Stored data:
- - - -

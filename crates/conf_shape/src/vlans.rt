ghost use Rattle.std.specs.Prelude.{◌≡◌, IfOk};
ghost use Rattle.yaml_tree.specs.declared.tree.Pair.{Pair};
ghost use Rattle.yaml_tree.specs.declared.tree.Tree.{Tree};
ghost use Rattle.conf_shape.specs.Raw.{vip_of, route_of, vlan_number, mac_at, vlan_with, vlan_of_entry};

use crate::datapaths::{is_given, read_acls, read_names};
use crate::kinds::MapKind;
use crate::raw::RawVlan;
use crate::reads::{
    Read, ReadEntry, as_entries, as_words, entries_at, flag_at, list_at, number_at, own_vid,
    text_at, value_at, words_at,
};
use crate::values::{ip_of, mac_of, net_of};
use conf_types::{Net, Route};
use net_base::{Mac, NoMemory, Vid};
use std::alloc::Global;
use yaml_tree::{Key, Pair, Tree};

const VLAN: MapKind = MapKind::Vlan { number: None };

impl Read for Net {
    ghost given_by = { vip_of };

    fn read(_alloc: Global, tree: &Tree) -> Result<Net, NoMemory> {
        Ok(net_of(as_words(tree)))
    }
}

impl Read for Route {
    ghost given_by = { route_of };

    fn read(_alloc: Global, tree: &Tree) -> Result<Route, NoMemory> {
        let pairs = entries_at(as_entries(tree), "route");
        Ok(Route {
            dst: net_of(words_at(pairs, "ip_dst")),
            gw: ip_of(words_at(pairs, "ip_gw")),
        })
    }
}

/// The identifier of a VLAN; one without isn't accepted, whatever stands for it.
fn vlan_number(key: &Key, pairs: &[Pair]) -> Vid
    ensures { result ≡ vlan_number key.now pairs.now }
{
    match own_vid(key, value_at(pairs, "vid")) {
        Some(vid) => vid,
        None => Vid::new(1).unwrap(),
    }
}

fn mac_at(pairs: &[Pair]) -> Mac
    ensures { result ≡ mac_at pairs.now }
{
    mac_of(text_at(VLAN, pairs, "faucet_mac", ""))
}

fn read_vlan(alloc: Global, key: &Key, pairs: &[Pair]) -> Result<RawVlan, NoMemory>
    ensures { IfOk result (λ made. made ≡ vlan_with key.now pairs.now) }
{
    Ok(RawVlan {
        names: read_names(alloc, VLAN, key, pairs)?,
        has_vid: is_given(pairs, "vid"),
        vid: vlan_number(key, pairs),
        acls: read_acls(alloc, pairs)?,
        mac: mac_at(pairs),
        vips: list_at(alloc, pairs, "faucet_vips")?,
        routes: list_at(alloc, pairs, "routes")?,
        max_hosts: number_at(VLAN, pairs, "max_hosts"),
        unicast_flood: flag_at(VLAN, pairs, "unicast_flood"),
    })
}

impl ReadEntry for RawVlan {
    ghost given_by = { vlan_of_entry };

    fn read(alloc: Global, pair: &Pair) -> Result<RawVlan, NoMemory> {
        read_vlan(alloc, &pair.key, as_entries(&pair.value))
    }
}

- - - -

PROBLEM DETAILS: What is needed is an exact copy of all the entries.

SOLUTION TO THE PROBLEM:
filename crates/conf_shape/src/vlans.rt
ghost use Rattle.std.specs.Prelude.{◌≡◌, IfOk};
ghost use Rattle.yaml_tree.specs.declared.tree.Pair.{Pair};
ghost use Rattle.yaml_tree.specs.declared.tree.Tree.{Tree};
ghost use Rattle.conf_shape.specs.Raw.{vip_of, route_of, vlan_number, mac_at, vlan_with, vlan_of_entry};

use crate::datapaths::{is_given, read_acls, read_names};
use crate::kinds::MapKind;
use crate::raw::RawVlan;
use crate::reads::{
    Read, ReadEntry, as_entries, as_words, entries_at, flag_at, list_at, number_at, own_vid,
    text_at, value_at, words_at,
};
use crate::values::{ip_of, mac_of, net_of};
use conf_types::{Net, Route};
use net_base::{Mac, NoMemory, Vid};
use std::alloc::Global;
use yaml_tree::{Key, Pair, Tree};

const VLAN: MapKind = MapKind::Vlan { number: None };

impl Read for Net {
    ghost given_by = { vip_of };

    fn read(_alloc: Global, tree: &Tree) -> Result<Net, NoMemory> {
        Ok(net_of(as_words(tree)))
    }
}

impl Read for Route {
    ghost given_by = { route_of };

    fn read(_alloc: Global, tree: &Tree) -> Result<Route, NoMemory> {
        let pairs = entries_at(as_entries(tree), "route");
        Ok(Route {
            dst: net_of(words_at(pairs, "ip_dst")),
            gw: ip_of(words_at(pairs, "ip_gw")),
        })
    }
}

/// The identifier of a VLAN; one without isn't accepted, whatever stands for it.
fn vlan_number(key: &Key, pairs: &[Pair]) -> Vid
    ensures { result ≡ vlan_number key.now pairs.now }
{
    match own_vid(key, value_at(pairs, "vid")) {
        Some(vid) => vid,
        None => Vid::new(1).unwrap(),
    }
}

fn mac_at(pairs: &[Pair]) -> Mac
    ensures { result ≡ mac_at pairs.now }
{
    mac_of(text_at(VLAN, pairs, "faucet_mac", ""))
}

fn read_vlan(alloc: Global, key: &Key, pairs: &[Pair]) -> Result<RawVlan, NoMemory>
    ensures { IfOk result (λ made. made ≡ vlan_with key.now pairs.now) }
{
    Ok(RawVlan {
        names: read_names(alloc, VLAN, key, pairs)?,
        has_vid: is_given(pairs, "vid"),
        vid: vlan_number(key, pairs),
        acls: read_acls(alloc, pairs)?,
        mac: mac_at(pairs),
        vips: list_at(alloc, pairs, "faucet_vips")?,
        routes: list_at(alloc, pairs, "routes")?,
        max_hosts: number_at(VLAN, pairs, "max_hosts"),
        unicast_flood: flag_at(VLAN, pairs, "unicast_flood"),
    })
}

impl ReadEntry for RawVlan {
    ghost given_by = { vlan_of_entry };

    fn read(alloc: Global, pair: &Pair) -> Result<RawVlan, NoMemory> {
        read_vlan(alloc, &pair.key, as_entries(&pair.value))
    }
}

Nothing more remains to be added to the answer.